Goretti Kyomuhendo’s new novel Promises follows two lovers, as one of them moves to the UK in search of employment, and the other stays behind in Uganda to pursue her career. Promises shares common themes—like love, migration, professional fulfillment, and family secrets—with these classic books. So, if liked them, you’ll love Promises!
Like Chinua Achebe’s No Longer at Ease, Promises asks what happens when the lines between right and wrong are blurred by impossible circumstances. Both novels follow a young African man’s journey to the UK, who struggles to reconcile conflicting expectations between tradition and modernity, and between professional fulfillment, love, and family obligations.
Like Chimamanda Adichie’s Americanah, Promises is all about the search for a better life elsewhere, and what happens in-between as we chase our dreams. Both novels trace how professionally successful young women balance their careers with an unrelenting faith in love, even as migration separates them from their first big love.
Like Ayọ̀bámi Adébáyọ̀’s Stay with Me, Promises tells a love story from the dual perspectives of two lovers, giving us the chance to sympathize deeply with two sides of the same story—even in morally ambiguous areas. Both novels ask whether love is enough, especially when a country’s political upheavals, and the protagonists’ own desires and secrets, throw them off the expected course towards happily ever after.
Like Imbolo Mbue’s Behold the Dreamers, Promises exposes the dark underbelly of migration, showing the vast gap between the expectations and the everyday of African migrants to the global North.
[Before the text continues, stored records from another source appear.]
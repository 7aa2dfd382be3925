// Checks five tables and prints an account of each.
#![tactic(auto)]

mod account;

use account::print_account;
use std::io;
use table::draft::Draft;
use tasks::task::{Factor, Task};
use tasks::units::{Shares, Ticks};

// Table E and four drafts that differ from it in one number.
fn main(rt: HostRuntime) -> io::Result<()> {
    let low = Task::low(Ticks(10), Ticks(5), Ticks(0));
    let high = Task::high(Ticks(10), Ticks(4));
    let table_e = Draft {
        scale: Shares(10),
        total: Shares(2),
        factor: Factor { p: 2, q: 5 },
        tasks: &[low, high, high],
    };
    print_account(&rt, "Table E", &table_e)?;
    let larger_total = Draft {
        total: Shares(3),
        ..table_e
    };
    print_account(&rt, "Table E with total 3", &larger_total)?;
    let larger_worst = Draft {
        tasks: &[low, high, Task::high(Ticks(10), Ticks(5))],
        ..table_e
    };
    print_account(&rt, "Table E with worst 5 for task 3", &larger_worst)?;
    let broken_deadline = Draft {
        factor: Factor { p: 1, q: 4 },
        ..table_e
    };
    print_account(&rt, "Table E with factor 1/4", &broken_deadline)?;
    let odd_period = Draft {
        tasks: &[low, Task::high(Ticks(7), Ticks(4)), high],
        ..table_e
    };
    print_account(&rt, "Table E with period 7 for task 2", &odd_period)
}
Both novels thematize the fictions that migrants find themselves caught up in and the heavy weight of their obligations, yet also their resourcefulness in making livingness in unexpected circumstances.
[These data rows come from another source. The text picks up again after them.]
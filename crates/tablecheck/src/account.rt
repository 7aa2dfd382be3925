use budget::rule::Metered;
use budget::shared::Shared;
use std::io;
use table::draft::Draft;
use table::figures::figures;
use table::table::Table;
use tasks::refusal::TableRefusal;
use tasks::task::{Comparison, Criticality, Level, Task};

// The table, its figures, its tests and the verdict.
pub fn print_account(rt: &HostRuntime, title: &str, draft: &Draft<'_>) -> io::Result<()> {
    println!(rt; "{title}")?;
    print_table(rt, draft)?;
    print_figures(rt, draft)?;
    print_tests(rt, draft)?;
    print_verdict(rt, draft)?;
    println!(rt; "")
}

fn print_table(rt: &HostRuntime, draft: &Draft<'_>) -> io::Result<()> {
    println!(rt; "  The whole processor is {} shares.", draft.scale)?;
    println!(rt; "  High tasks share a budget of {} shares.", draft.total)?;
    println!(rt;
        "  A virtual deadline is {}/{} of the period.",
        draft.factor.p, draft.factor.q
    )?;
    for (i, task) in draft.tasks.iter().enumerate() {
        print_task(rt, i + 1, task)?;
    }
    Ok(())
}

fn print_task(rt: &HostRuntime, number: usize, task: &Task) -> io::Result<()> {
    let period = task.period;
    let worst = task.worst;
    match task.criticality {
        Criticality::High => println!(rt;
            "  Task {number} is high: at most one job in {period} ticks, of at most {worst} ticks."
        ),
        Criticality::Low { assured } => {
            println!(rt;
                "  Task {number} is low: at most one job in {period} ticks, of at most {worst} ticks, {} of them assured.",
                assured
            )
        },
    }
}

fn print_figures(rt: &HostRuntime, draft: &Draft<'_>) -> io::Result<()> {
    match figures(draft.scale, draft.tasks) {
        Ok(figures) => println!(rt;
            "  Shares needed: G = {} for the assured parts of low tasks, S = {} for the rest of their work, K = {} for high tasks at their worst.",
            figures.assured, figures.optional, figures.high
        ),
        Err(refusal) => println!(rt;
            "  Shares needed: not known, because of refusal {}.",
            refusal.number()
        ),
    }
}

fn print_tests(rt: &HostRuntime, draft: &Draft<'_>) -> io::Result<()> {
    match draft.tests() {
        Ok(tests) => {
            print_test(
                rt,
                "Low test, while high jobs keep within the budget",
                tests.low,
            )?;
            print_test(
                rt,
                "High test, once a high job needs more than the budget",
                tests.high,
            )
        },
        Err(refusal) => println!(rt;
            "  Tests: not made, because of refusal {}.",
            refusal.number()
        ),
    }
}

fn print_test(rt: &HostRuntime, name: &str, test: Comparison) -> io::Result<()> {
    let demand = test.demand;
    let supply = test.supply;
    if test.passes() {
        println!(rt;
            "  {name}: the tasks ask for {demand} and the processor has {supply}. It passes."
        )
    } else {
        println!(rt;
            "  {name}: the tasks ask for {demand} and the processor has {supply}. It fails."
        )
    }
}

fn print_verdict(rt: &HostRuntime, draft: &Draft<'_>) -> io::Result<()> {
    match Table::accept(draft) {
        Ok(table) => {
            println!(rt; "  Verdict: accepted.")?;
            print_budgets(rt, &table)
        },
        Err(refusal) => print_refusal(rt, refusal),
    }
}

// What the shared rule grants each high task while the others have had nothing.
fn print_budgets(rt: &HostRuntime, table: &Table) -> io::Result<()> {
    let rule = Shared::new(table);
    for task in 1..=table.count() {
        if table.level(task) == Some(Level::High) {
            println!(rt;
                "  At rest the shared budget of task {task} is {} ticks.",
                rule.budget(task)
            )?;
        }
    }
    Ok(())
}

fn print_refusal(rt: &HostRuntime, refusal: TableRefusal) -> io::Result<()> {
    let number = refusal.number();
    match refusal.task() {
        Some(task) => println!(rt;
            "  Verdict: refused by number {number} at task {task}. {refusal}"
        ),
        None => println!(rt; "  Verdict: refused by number {number}. {refusal}"),
    }
}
Like Jennifer Nansubuga Makumbi’s Let’s Tell This Story Properly, Promises gives a beautifully detailed picture of a Ugandan community in the UK, through a cast of intwined characters whose lives remain embedded in Uganda. Both novels, like Helon Habila’s Travelers, foreground how complex community networks mitigate the cultural clash between Africa and Europe.
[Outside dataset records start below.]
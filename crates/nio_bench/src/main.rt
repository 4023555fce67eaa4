//! Measures of nio's selectors, pipes and relays. The first word names the measure; with no word each does a small run,
//! and `ok` is printed.
#![tactic(auto)]

use anyhow::bail;
use checked::Slow;
use select::Load;
use std::env;

mod channels;
mod checked;
mod pair;
mod pipe;
mod relay;
mod reopening;
mod select;
mod waiting;
mod words;

/// A small load of a selection.
const SMALL: Load = Load {
    indexes: 70,
    live: 3,
    every: 30,
};

/// A small load in which each index has a key.
const EACH: Load = Load {
    indexes: 70,
    live: 70,
    every: 1,
};

fn main(rt: HostRuntime) -> anyhow::Result<()> {
    let word = env::args(&rt)?.nth(1);
    match word.as_deref() {
        None => {
            channels::run(&rt, 4)?;
            reopening::run(&rt, 4)?;
            relay::run(&rt, 4)?;
            select::run(&rt, SMALL, 2)?;
            select::run_by_list(&rt, SMALL, 2)?;
            select::touch_all(&rt, EACH)?;
            waiting::run(&rt)?;
            pipe::run(&rt)?;
            checked::run(&rt, Slow::Reader)?;
            checked::run(&rt, Slow::Writer)?;
            println!(rt; "ok")?;
        }
        Some("channels") => {
            channels::measure(&rt)?;
            reopening::measure(&rt)?;
        }
        Some("pipe") => pipe::measure(&rt)?,
        Some("relay") => relay::measure(&rt)?,
        Some("select") => select::measure(&rt)?,
        Some("waiting") => waiting::measure(&rt)?,
        Some("words") => words::measure(&rt)?,
        Some(other) => bail!("no measure is named {other}"),
    }
    Ok(())
}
Like in Abdulrazak Gurnah’s Admiring Silence, the migrant protagonists in Promises embellish their life stories to fit the expectations of their double communities: those they have left behind, and their new people in the UK. Both novels ask where the line between fiction and lies is drawn, especially when these embellished stories are collective held, and fueled by love.
Like Goretti Kyomuhendo’s own Whispers for Vera, Promises revels in family secrets, both large and small, and asks how these secrets impact the three big elements of self-fulfillment: love, community, and work. Both novels interrogate the tensions between romantic love and career, especially for successful women, and highlight the importance of friendships in bridging the two.